Cargill moves on animal nutrition company

US-based Cargill plans to buy global animal nutrition company, Provimi, for a price around A$2.06 billion from private equity firm Permira funds, it was announced this week. Cargill intends acquiring Provimi's worldwide animal nutrition business, which has operations in 26 countries and employs more than 7000 people across Asia, Europe, Africa, Latin America and Australia. The deal would strengthen and expand Cargill's existing operations, creating a global leader in animal nutrition, the company said in a statement. Provimi has broad nutritional expertise and a wide portfolio of premix, additives and ingredients while Cargill's animal nutrition business brings expertise in compound feed, supply chain and risk management as well as access to global trends, knowledge and information from across the agricultural supply chain, a spokesman statement said.

Consumer support for welfare labelling

Recent analysis undertaken by the Kansas and Michigan State Universities suggests that US consumers would likely pay more for meat with a mandatory label indicating animal welfare information. The use of gestation crates and stalls for pigs as well as cages for chickens have gained wide media coverage and the researchers suggested that a typical US resident might be willing to pay up to 20pc more for pork and egg products in exchange for mandatory labelling conveying the use or lack thereof of these animal welfare concerns. The challenge is in converting what are emotional perceptions into price points at the point-of-purchase, often a difficult exercise but increasingly being seen as possible.

 

JBS lowers microbial counts

The US division of JBS says it has achieved a two-thirds reduction in microbial counts for E. coli O157:H7 in its eight US beef processing plants in the first half of 2011 through the use of its unique Remote Video Auditing system which helps in identifying kill floor employees who need further training in food safety procedures, reducing potential contamination from the hide to the carcase.

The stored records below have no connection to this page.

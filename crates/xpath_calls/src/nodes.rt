//! What the core functions ask of nodes: XPath 1.0, sections 4.1 and 4.3.

ghost use Rattle.std.specs.Prelude.{◌≡◌, [], List, IfErr, IfNone, IfOk, IfSome};
ghost use Rattle.xml_model.specs.Names.{scope as tags_around};
ghost use Rattle.xml_model.specs.Tree.{Entry, Identifies};
ghost use Rattle.vtd_words.specs.Table.{IsNodeOf};
ghost use Rattle.xpath_values.specs.declared.ValueFault.TheVariants.{NoMemory as OutOfMemory};
ghost use Rattle.xpath_values.specs.Values.{Meant, string_of};
ghost use Rattle.xpath_meaning.specs.Context.{Context, nodes_in};
ghost use Rattle.xpath_meaning.specs.Functions.{argument, is_some_language, language, local_name, of_first, own};
ghost use Rattle.xpath_meaning.specs.Functions.{uri_text, whole_name};
ghost use Rattle.xpath_meaning.specs.Scope.{AreFewOf, AreHeld, AreNodes, AreValuesOf, IsContext, IsPlace, IsScope};
ghost use Rattle.xpath_meaning.specs.Scope.{source_of};
ghost use Rattle.xpath_calls.specs.Firsts.{IsFirst};

use vtd_words::Words;
use xml_model::{Node, Text};
use xpath_meaning::{Place, Scope, Values, nodes_at, place_at, table_of, text_at, value_at};
use xpath_nodes::{Walker, is_of_language, local_text, no_name, uri_text, whole_text};
use xpath_values::ValueFault;

/// The node of a place.
fn here<W: Words>(scope: &Scope<'_, '_, W>, place: Place) -> Node
    requires { IsPlace scope.now place }
    ensures node { result ≡ place.node }
    ensures known { IsNodeOf scope.now.bytes scope.now.lists result }
{
    let _table = table_of(scope);
    place.node
}

/// The first of some nodes.
fn first_of<W: Words>(scope: &Scope<'_, '_, W>, nodes: &[Node]) -> Option<Node>
    requires { AreFewOf scope.now nodes.now }
    ensures none { IfNone result (nodes.now ≡ []) }
    ensures some { IfSome result (λ n. (c : Context) → IsScope scope.now c → (es : List Entry) →
        AreNodes c.document nodes.now es → IsFirst c.document n es) }
    ensures known { IfSome result (IsNodeOf scope.now.bytes scope.now.lists) }
{
    if nodes.is_empty() {
        return None;
    }
    Some(here(scope, place_at(scope, nodes, 0)))
}

/// The first node of the first argument; where there is no argument, the context node.
fn first_own<W: Words>(scope: &Scope<'_, '_, W>, place: Place, arguments: &Values) -> Option<Node>
    requires place { IsPlace scope.now place }
    requires arguments { AreValuesOf scope.now arguments.now }
    ensures none { IfNone result ((c : Context) → IsContext scope.now place c → (vs : List Meant) →
        AreHeld c.document arguments.now vs → nodes_in (own c vs) ≡ []) }
    ensures some { IfSome result (λ n. (c : Context) → IsContext scope.now place c → (vs : List Meant) →
        AreHeld c.document arguments.now vs → IsFirst c.document n (nodes_in (own c vs))) }
    ensures known { IfSome result (IsNodeOf scope.now.bytes scope.now.lists) }
{
    match value_at(arguments, 0) {
        None => Some(here(scope, place)),
        Some(_) => first_of(scope, nodes_at(scope, arguments)),
    }
}

/// A name without characters.
fn nameless<W: Words>(scope: &Scope<'_, '_, W>) -> Result<Text, ValueFault>
    ensures text { IfOk result (λ t. t ≡ []) }
    ensures full { IfErr result (λ e. e ≡ OutOfMemory) }
{
    match no_name(scope.alloc) {
        Ok(text) => Ok(text),
        Err(_) => Err(ValueFault::NoMemory),
    }
}

/// The local part of a node's name.
fn local_of<W: Words>(scope: &Scope<'_, '_, W>, node: Node) -> Result<Text, ValueFault>
    requires { IsNodeOf scope.now.bytes scope.now.lists node }
    ensures text { IfOk result (λ t. (c : Context) → IsScope scope.now c → (e : Entry) →
        Identifies node.kind node.at e c.document → t ≡ local_name e) }
    ensures full { IfErr result (λ e. e ≡ OutOfMemory) }
{
    match local_text(scope.alloc, table_of(scope), node) {
        Ok(text) => Ok(text),
        Err(_) => Err(ValueFault::NoMemory),
    }
}

/// The local part of the name of the first node of the first argument, or of the context node.
pub fn local_name<W: Words>(
    scope: &Scope<'_, '_, W>,
    place: Place,
    arguments: &Values,
) -> Result<Text, ValueFault>
    requires place { IsPlace scope.now place }
    requires arguments { AreValuesOf scope.now arguments.now }
    ensures text { IfOk result (λ t. (c : Context) → IsContext scope.now place c → (vs : List Meant) →
        AreHeld c.document arguments.now vs → t ≡ of_first local_name (nodes_in (own c vs))) }
    ensures full { IfErr result (λ e. e ≡ OutOfMemory) }
{
    match first_own(scope, place, arguments) {
        None => nameless(scope),
        Some(node) => local_of(scope, node),
    }
}

/// The name of a node as it is written.
fn name_of<W: Words>(scope: &Scope<'_, '_, W>, node: Node) -> Result<Text, ValueFault>
    requires { IsNodeOf scope.now.bytes scope.now.lists node }
    ensures text { IfOk result (λ t. (c : Context) → IsScope scope.now c → (e : Entry) →
        Identifies node.kind node.at e c.document → t ≡ whole_name e) }
    ensures full { IfErr result (λ e. e ≡ OutOfMemory) }
{
    match whole_text(scope.alloc, table_of(scope), node) {
        Ok(text) => Ok(text),
        Err(_) => Err(ValueFault::NoMemory),
    }
}

/// The name, as it is written, of the first node of the first argument, or of the context node.
pub fn written_name<W: Words>(
    scope: &Scope<'_, '_, W>,
    place: Place,
    arguments: &Values,
) -> Result<Text, ValueFault>
    requires place { IsPlace scope.now place }
    requires arguments { AreValuesOf scope.now arguments.now }
    ensures text { IfOk result (λ t. (c : Context) → IsContext scope.now place c → (vs : List Meant) →
        AreHeld c.document arguments.now vs → t ≡ of_first whole_name (nodes_in (own c vs))) }
    ensures full { IfErr result (λ e. e ≡ OutOfMemory) }
{
    match first_own(scope, place, arguments) {
        None => nameless(scope),
        Some(node) => name_of(scope, node),
    }
}

/// The URI of a node's expanded name.
fn uri_of<W: Words>(
    scope: &Scope<'_, '_, W>,
    walker: &mut Walker<'_, '_, W>,
    node: Node,
) -> Result<Text, ValueFault>
    requires node { IsNodeOf scope.now.bytes scope.now.lists node }
    requires walker { walker.old ≡ source_of scope.now }
    ensures text { IfOk result (λ t. (c : Context) → IsScope scope.now c → (e : Entry) →
        Identifies node.kind node.at e c.document → t ≡ uri_text e) }
    ensures full { IfErr result (λ e. e ≡ OutOfMemory) }
    ensures walker { walker.new ≡ walker.old }
{
    match uri_text(scope.alloc, walker.nav.table(), &mut walker.resolver, node) {
        Ok(text) => Ok(text),
        Err(_) => Err(ValueFault::NoMemory),
    }
}

/// The URI of the name of the first node of the first argument, or of the context node.
pub fn namespace<W: Words>(
    scope: &Scope<'_, '_, W>,
    walker: &mut Walker<'_, '_, W>,
    place: Place,
    arguments: &Values,
) -> Result<Text, ValueFault>
    requires place { IsPlace scope.now place }
    requires arguments { AreValuesOf scope.now arguments.now }
    requires walker { walker.old ≡ source_of scope.now }
    ensures text { IfOk result (λ t. (c : Context) → IsContext scope.now place c → (vs : List Meant) →
        AreHeld c.document arguments.now vs → t ≡ of_first uri_text (nodes_in (own c vs))) }
    ensures full { IfErr result (λ e. e ≡ OutOfMemory) }
    ensures walker { walker.new ≡ walker.old }
{
    match first_own(scope, place, arguments) {
        None => nameless(scope),
        Some(node) => uri_of(scope, walker, node),
    }
}

/// Whether the context node is of the language that a text names.
fn speaks<W: Words>(scope: &Scope<'_, '_, W>, place: Place, asked: &Text) -> bool
    requires { IsPlace scope.now place }
    ensures { (c : Context) → IsContext scope.now place c →
        result ≡ is_some_language asked.now (language (tags_around c.node)) }
{
    is_of_language(table_of(scope), place.node, asked)
}

/// Whether the context node is of the language that the first argument names.
pub fn lang<W: Words>(
    scope: &Scope<'_, '_, W>,
    place: Place,
    arguments: &Values,
) -> Result<bool, ValueFault>
    requires place { IsPlace scope.now place }
    requires arguments { AreValuesOf scope.now arguments.now }
    ensures truth { IfOk result (λ b. (c : Context) → IsContext scope.now place c → (vs : List Meant) →
        AreHeld c.document arguments.now vs →
        b ≡ is_some_language (string_of (argument 0 vs)) (language (tags_around c.node))) }
    ensures full { IfErr result (λ e. e ≡ OutOfMemory) }
{
    match text_at(scope, arguments, 0) {
        Err(fault) => Err(fault),
        Ok(asked) => Ok(speaks(scope, place, &asked)),
    }
}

Successful Japanese audit outcome

The Japanese Ministry of Health & Livestock Welfare completed an audit of the Australian beef export system recently. During the week the Japanese auditors visited three beef abattoirs with similar outcomes at each. The auditors encouraged Australia to maintain its high standard of hygiene production noting the Japanese enhanced interest in E.coli O157:H7. Japan conducted 300 tests for E. coli O157:H7 last year on Australian block meat primals. They confirm that testing is not a requirement for Japan however there was a case of E. coli O157:H7 linked to a positive in Australian product and as a result there would be measures to ensure continued consumer confidence in Australian beef.

 

Brazil no longer lowest-cost producer

Brazilian market analyst Guilherme Melo visited Australia earlier this month speaking at a renderers’ conference at Sydney before attending forums in Queensland. He indicated the global credit crises had significantly impacted on industry concentration in Brazil, with smaller domestic meat processors losing access to bank funding during the credit crisis. This led to Chapter 11 bankruptcies and an increase in concentration of processing ownership. The ‘Big Three’ in Brazilian processing (JBS, Marfrig and Minerva) still only represented 35pc of total production in the country, but 80pc of beef exports. The big changes in Brazil involved the appreciation of the Brazilian Real leading to a loss of Brazil’s competitiveness as global exports’ lowest-cost producer. The future potential of the Brazilian beef industry on the export market still evolved around its competitiveness with alternate land use in Brazil, especially soy bean production, the continuing appreciation of the Real against the US$ reducing its export competitiveness and the overall environmental scrutiny of the industry that increased substantially over the last year.